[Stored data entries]
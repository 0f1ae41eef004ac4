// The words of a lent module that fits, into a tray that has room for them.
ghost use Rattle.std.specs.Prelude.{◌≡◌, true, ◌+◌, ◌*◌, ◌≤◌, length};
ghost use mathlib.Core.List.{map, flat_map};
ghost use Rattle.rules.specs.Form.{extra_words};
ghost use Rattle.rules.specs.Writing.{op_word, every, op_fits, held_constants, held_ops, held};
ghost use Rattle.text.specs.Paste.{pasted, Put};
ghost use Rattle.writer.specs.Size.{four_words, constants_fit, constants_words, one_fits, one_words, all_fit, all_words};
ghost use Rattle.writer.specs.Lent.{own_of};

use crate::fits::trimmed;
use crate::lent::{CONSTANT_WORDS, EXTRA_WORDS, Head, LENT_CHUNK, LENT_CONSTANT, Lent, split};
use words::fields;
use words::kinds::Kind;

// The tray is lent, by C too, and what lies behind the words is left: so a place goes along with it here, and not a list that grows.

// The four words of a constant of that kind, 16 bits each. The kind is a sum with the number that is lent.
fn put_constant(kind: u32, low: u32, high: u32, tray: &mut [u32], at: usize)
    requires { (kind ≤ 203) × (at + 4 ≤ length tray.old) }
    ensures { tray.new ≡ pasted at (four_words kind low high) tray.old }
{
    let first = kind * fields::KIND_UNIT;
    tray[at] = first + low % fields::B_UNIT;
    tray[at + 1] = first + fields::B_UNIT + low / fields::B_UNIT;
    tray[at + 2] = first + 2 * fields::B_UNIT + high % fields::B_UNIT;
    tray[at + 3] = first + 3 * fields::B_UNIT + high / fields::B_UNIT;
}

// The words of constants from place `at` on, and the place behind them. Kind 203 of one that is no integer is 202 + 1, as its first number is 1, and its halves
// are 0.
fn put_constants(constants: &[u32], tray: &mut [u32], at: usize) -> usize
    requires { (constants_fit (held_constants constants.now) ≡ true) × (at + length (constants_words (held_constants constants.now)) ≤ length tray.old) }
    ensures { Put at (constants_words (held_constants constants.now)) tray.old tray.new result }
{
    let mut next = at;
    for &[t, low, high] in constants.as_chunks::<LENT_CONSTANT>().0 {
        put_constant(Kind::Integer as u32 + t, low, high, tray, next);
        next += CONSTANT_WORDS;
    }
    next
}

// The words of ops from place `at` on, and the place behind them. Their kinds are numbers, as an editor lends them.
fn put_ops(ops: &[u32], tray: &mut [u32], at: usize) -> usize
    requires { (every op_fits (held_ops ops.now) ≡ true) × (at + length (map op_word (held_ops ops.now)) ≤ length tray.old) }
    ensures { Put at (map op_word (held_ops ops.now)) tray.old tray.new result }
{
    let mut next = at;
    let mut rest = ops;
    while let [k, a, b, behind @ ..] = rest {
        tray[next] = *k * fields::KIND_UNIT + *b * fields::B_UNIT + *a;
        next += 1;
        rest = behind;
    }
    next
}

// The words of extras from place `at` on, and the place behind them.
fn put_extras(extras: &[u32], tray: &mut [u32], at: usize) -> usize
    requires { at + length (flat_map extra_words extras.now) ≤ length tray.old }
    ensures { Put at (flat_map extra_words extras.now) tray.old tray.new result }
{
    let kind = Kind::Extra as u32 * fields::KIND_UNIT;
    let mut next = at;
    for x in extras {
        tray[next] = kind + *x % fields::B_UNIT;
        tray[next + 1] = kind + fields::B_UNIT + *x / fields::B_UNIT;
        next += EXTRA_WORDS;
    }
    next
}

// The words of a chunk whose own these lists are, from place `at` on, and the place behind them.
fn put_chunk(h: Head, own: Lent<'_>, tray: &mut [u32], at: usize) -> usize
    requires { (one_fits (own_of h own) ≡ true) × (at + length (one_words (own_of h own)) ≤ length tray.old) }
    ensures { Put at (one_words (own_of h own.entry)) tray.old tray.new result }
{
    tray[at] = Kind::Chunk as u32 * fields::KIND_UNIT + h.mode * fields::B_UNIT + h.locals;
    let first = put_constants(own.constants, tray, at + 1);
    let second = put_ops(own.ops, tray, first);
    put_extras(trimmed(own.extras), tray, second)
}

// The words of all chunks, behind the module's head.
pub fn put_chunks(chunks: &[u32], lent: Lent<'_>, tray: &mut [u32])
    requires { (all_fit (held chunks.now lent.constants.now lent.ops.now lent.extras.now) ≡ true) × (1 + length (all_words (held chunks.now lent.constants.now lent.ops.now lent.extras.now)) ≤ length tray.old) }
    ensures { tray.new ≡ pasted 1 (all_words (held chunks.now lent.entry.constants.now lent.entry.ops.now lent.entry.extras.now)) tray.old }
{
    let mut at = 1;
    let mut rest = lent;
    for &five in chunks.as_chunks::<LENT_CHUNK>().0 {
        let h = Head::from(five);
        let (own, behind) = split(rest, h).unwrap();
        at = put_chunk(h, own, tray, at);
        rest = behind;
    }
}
* * *
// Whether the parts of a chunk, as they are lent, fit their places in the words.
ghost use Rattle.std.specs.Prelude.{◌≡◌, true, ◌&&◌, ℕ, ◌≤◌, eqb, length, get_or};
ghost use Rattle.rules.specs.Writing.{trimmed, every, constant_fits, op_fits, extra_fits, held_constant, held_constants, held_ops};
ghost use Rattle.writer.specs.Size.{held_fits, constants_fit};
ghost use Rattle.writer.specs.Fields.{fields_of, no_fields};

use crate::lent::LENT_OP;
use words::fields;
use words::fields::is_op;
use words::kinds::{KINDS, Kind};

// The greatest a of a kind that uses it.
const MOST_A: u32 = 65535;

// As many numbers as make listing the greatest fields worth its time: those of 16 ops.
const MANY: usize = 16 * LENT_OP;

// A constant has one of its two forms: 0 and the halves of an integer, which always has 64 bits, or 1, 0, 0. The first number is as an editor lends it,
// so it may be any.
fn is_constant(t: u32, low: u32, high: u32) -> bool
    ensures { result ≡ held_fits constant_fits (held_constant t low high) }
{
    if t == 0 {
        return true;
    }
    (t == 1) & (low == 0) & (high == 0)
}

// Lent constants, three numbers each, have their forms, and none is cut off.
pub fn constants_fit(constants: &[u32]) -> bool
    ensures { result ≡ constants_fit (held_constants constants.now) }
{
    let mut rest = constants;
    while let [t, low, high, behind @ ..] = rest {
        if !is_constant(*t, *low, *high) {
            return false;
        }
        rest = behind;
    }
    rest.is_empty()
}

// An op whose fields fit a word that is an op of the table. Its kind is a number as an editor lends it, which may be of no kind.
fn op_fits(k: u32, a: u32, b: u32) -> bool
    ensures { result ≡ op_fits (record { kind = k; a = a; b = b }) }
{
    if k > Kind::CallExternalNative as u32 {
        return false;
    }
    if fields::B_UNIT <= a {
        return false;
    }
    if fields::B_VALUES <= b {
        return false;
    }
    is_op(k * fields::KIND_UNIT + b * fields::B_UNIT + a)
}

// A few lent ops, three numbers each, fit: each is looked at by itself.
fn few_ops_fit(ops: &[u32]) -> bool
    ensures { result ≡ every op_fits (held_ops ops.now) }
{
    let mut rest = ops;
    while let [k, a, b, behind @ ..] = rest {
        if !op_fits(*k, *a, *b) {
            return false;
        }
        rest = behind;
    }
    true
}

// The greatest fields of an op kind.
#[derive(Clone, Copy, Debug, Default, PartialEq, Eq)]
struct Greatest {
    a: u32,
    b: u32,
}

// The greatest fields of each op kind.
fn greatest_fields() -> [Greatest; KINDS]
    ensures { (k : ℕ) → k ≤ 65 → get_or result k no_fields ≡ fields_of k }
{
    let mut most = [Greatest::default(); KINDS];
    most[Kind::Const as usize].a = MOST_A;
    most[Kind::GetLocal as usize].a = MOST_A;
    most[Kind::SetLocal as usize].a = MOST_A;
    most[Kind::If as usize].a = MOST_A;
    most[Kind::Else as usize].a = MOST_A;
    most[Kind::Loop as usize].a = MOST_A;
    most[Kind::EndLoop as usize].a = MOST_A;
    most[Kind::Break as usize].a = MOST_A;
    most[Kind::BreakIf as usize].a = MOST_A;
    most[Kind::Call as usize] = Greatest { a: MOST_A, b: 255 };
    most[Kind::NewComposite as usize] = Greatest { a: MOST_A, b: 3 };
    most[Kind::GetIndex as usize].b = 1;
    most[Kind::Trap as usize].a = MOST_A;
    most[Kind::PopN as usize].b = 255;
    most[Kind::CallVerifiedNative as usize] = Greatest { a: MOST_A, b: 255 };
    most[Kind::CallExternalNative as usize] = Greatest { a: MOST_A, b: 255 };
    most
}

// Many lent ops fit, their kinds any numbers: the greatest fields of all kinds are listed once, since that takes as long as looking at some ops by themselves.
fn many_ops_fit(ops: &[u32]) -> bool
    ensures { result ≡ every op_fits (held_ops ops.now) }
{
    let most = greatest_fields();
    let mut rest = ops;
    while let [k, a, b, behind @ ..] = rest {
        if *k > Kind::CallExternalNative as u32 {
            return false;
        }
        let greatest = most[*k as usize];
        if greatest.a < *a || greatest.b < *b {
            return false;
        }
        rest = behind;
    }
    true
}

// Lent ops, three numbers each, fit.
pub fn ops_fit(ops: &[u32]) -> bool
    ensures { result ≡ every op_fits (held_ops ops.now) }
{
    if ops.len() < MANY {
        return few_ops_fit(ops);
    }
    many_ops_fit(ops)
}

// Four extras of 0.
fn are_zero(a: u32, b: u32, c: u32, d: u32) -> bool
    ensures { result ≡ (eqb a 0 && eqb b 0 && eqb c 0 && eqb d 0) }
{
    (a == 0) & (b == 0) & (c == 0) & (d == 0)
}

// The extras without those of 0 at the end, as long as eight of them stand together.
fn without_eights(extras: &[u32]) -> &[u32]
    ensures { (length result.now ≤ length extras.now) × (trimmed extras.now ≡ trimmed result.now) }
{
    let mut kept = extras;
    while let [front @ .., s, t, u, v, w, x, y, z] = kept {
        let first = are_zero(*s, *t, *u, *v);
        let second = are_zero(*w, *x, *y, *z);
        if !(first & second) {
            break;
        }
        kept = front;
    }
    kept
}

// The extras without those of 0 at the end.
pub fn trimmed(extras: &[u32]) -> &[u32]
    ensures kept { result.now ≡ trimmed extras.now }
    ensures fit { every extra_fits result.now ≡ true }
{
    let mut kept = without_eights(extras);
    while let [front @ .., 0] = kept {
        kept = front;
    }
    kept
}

▶ **Work request**
Wherever the word "bits" occurs in the data above, copy the line it sits in.

▶ **Answer to this task**
// The four words of a constant of that kind, 16 bits each. The kind is a sum with the number that is lent.
// A constant has one of its two forms: 0 and the halves of an integer, which always has 64 bits, or 1, 0, 0. The first number is as an editor lends it,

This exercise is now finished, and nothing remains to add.